The structuring of solvent about macromolecules and nanoparticles underlies a wide range of equilibrium and dynamic phenomena, including the hydrodynamic drag experienced when a colloidal species moves by Brownian diffusion through a solvent.  We have measured the mobilities of surface-functionalized gold nanoparticles dispersed in an isotropic oil of 4-n-pentyl-4’-cyanobiphenyl to decrease upon illumination with white light when the temperature of the solvent is within 8¢ªC of a bulk phase transition from an isotropic oil to a nematic phase.

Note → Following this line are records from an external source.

//! The line of `check`.

ghost use Rattle.std.specs.Prelude.{◌≡◌, ◌++◌, IfOk, OnOk, Some, map, option_map, string_bytes};
ghost use Rattle.form_words.specs.Reads.{Reads};
ghost use Rattle.form_words.specs.Table.{form_of};
ghost use Rattle.run_words.specs.Checking.{are_checked, check_request, check_table, check_usage, check_with};
ghost use Rattle.run_words.specs.Values.{check, request_value};

use crate::names::{is_file, is_name};
use crate::request::Request;
use clap::ArgMatches;
use form_words::read_line;
use std::alloc::{AllocError, Global};

fn are_checked(tgff: &str, arch: &str, front: &str, proof: &str) -> bool
    ensures { result ≡ are_checked tgff.now arch.now front.now proof.now }
{
    if !is_name(tgff) {
        return false;
    }
    if !is_file(arch) {
        return false;
    }
    if !is_file(front) {
        return false;
    }
    is_file(proof)
}

/// The request of these names.
fn check_named(
    alloc: Global,
    tgff: &str,
    arch: &str,
    front: &str,
    proof: &str,
) -> Result<Option<Request>, AllocError>
    ensures { IfOk result (λ r. option_map request_value r ≡ option_map check (check_with (Some tgff.now) (Some arch.now) (Some front.now) (Some proof.now))) }
{
    if !are_checked(tgff, arch, front, proof) {
        return Ok(None);
    }
    let tgff = String::from_str(alloc, tgff)?;
    let arch = String::from_str(alloc, arch)?;
    let front_file = String::from_str(alloc, front)?;
    let proof_file = String::from_str(alloc, proof)?;
    Ok(Some(Request::Check {
        tgff,
        arch,
        front_file,
        proof_file,
    }))
}

/// The request of the names at the places.
fn check_with(
    alloc: Global,
    tgff: Option<&str>,
    arch: Option<&str>,
    front: Option<&str>,
    proof: Option<&str>,
) -> Result<Option<Request>, AllocError>
    ensures { IfOk result (λ r. option_map request_value r ≡ option_map check (check_with (option_map (λ s. s.now) tgff.entry) (option_map (λ s. s.now) arch.entry) (option_map (λ s. s.now) front.entry) (option_map (λ s. s.now) proof.entry))) }
{
    let Some(tgff) = tgff else {
        return Ok(None);
    };
    let Some(arch) = arch else {
        return Ok(None);
    };
    let Some(front) = front else {
        return Ok(None);
    };
    let Some(proof) = proof else {
        return Ok(None);
    };
    check_named(alloc, tgff, arch, front, proof)
}

/// What the words give the places, or `None` where they are no line of the table.
fn check_line<'a>(alloc: Global, words: &'a [String]) -> Result<Option<ArgMatches<'a>>, AllocError>
    ensures { IfOk result (Reads (form_of check_table) (map string_bytes words.entry.now)) }
{
    read_line(
        alloc,
        "check",
        &["tgff", "arch", "front", "proof"],
        &[],
        words,
    )
}

/// The request of the words after `check`.
pub(crate) fn read_check(alloc: Global, words: &[String]) -> Result<Option<Request>, AllocError>
    ensures { IfOk result (λ r. option_map request_value r ≡ option_map check (check_request (map string_bytes words.now))) }
{
    let Some(matches) = check_line(alloc, words)? else {
        return Ok(None);
    };
    check_with(
        alloc,
        matches.get_str("tgff"),
        matches.get_str("arch"),
        matches.get_str("front"),
        matches.get_str("proof"),
    )
}

/// Appends the line of usage.
pub(crate) fn put_check_usage(out: &mut Vec<u8>) -> Result<(), AllocError>
    ensures { OnOk result (out.new.items ≡ out.old.items ++ check_usage) }
{
    out.extend_from_slice(b"usage: dse check TGFF ARCH FRONT PROOF\n")
}
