//! Whole numbers on a command line.

ghost use Rattle.std.specs.Prelude.{◌≡◌, option_map};
ghost use Rattle.run_words.specs.Numbers.{number_from, number_if_given, number_up_to};

/// An exploration has at most so many rounds.
pub(crate) const MOST_ROUNDS: u64 = 65_536;

/// The number that a word writes, from a least one on: decimal digits without leading zeros.
pub(crate) fn number_from(least: u64, text: &str) -> Option<u64>
    ensures { result ≡ number_from least text.now }
{
    let bytes = text.as_bytes();
    if bytes.len() == 0 {
        return None;
    }
    if bytes[0] == b'0' {
        return if bytes.len() == 1 && least == 0 {
            Some(0)
        } else {
            None
        };
    }
    if bytes[0] < b'1' || b'9' < bytes[0] {
        return None;
    }
    match text.parse::<u64>() {
        Ok(number) => { if least <= number { Some(number) } else { None } }
        Err(_) => None,
    }
}

/// The number of an option, which may not be given; `None` where its word writes no such number.
pub(crate) fn number_if_given(least: u64, text: Option<&str>) -> Option<Option<u64>>
    ensures { result ≡ number_if_given least (option_map (λ s. s.now) text.entry) }
{
    match text {
        None => Some(None),
        Some(text) => match number_from(least, text) {
            None => None,
            Some(number) => Some(Some(number)),
        },
    }
}

/// The number that a word writes, from 0 up to a greatest one; `None` where it writes no such number.
pub(crate) fn number_up_to(most: u64, text: &str) -> Option<u64>
    ensures { result ≡ number_up_to most text.now }
{
    match number_from(0, text) {
        None => None,
        Some(number) => { if number <= most { Some(number) } else { None } }
    }
}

Within this temperature interval, single-particle optical tracking using band-pass filters revealed that the hydrodynamic diameter of the nanoparticles in the oil increased by up to 40 nm in a wavelength-specific and nanoparticle size-dependent manner.  Experiments designed to test several hypotheses regarding the origin of the effect, including the effects of optical pressures, surface plasmon resonances and hot electrons, support the proposal that an ordered solvent corona is induced by optically-excited interfacial electric fields.  The change in solvation of the particles can be tuned reversibly by the choice of wavelength of the illuminating light.  These results define new principles for optical manipulation of the mobility of nanoparticles.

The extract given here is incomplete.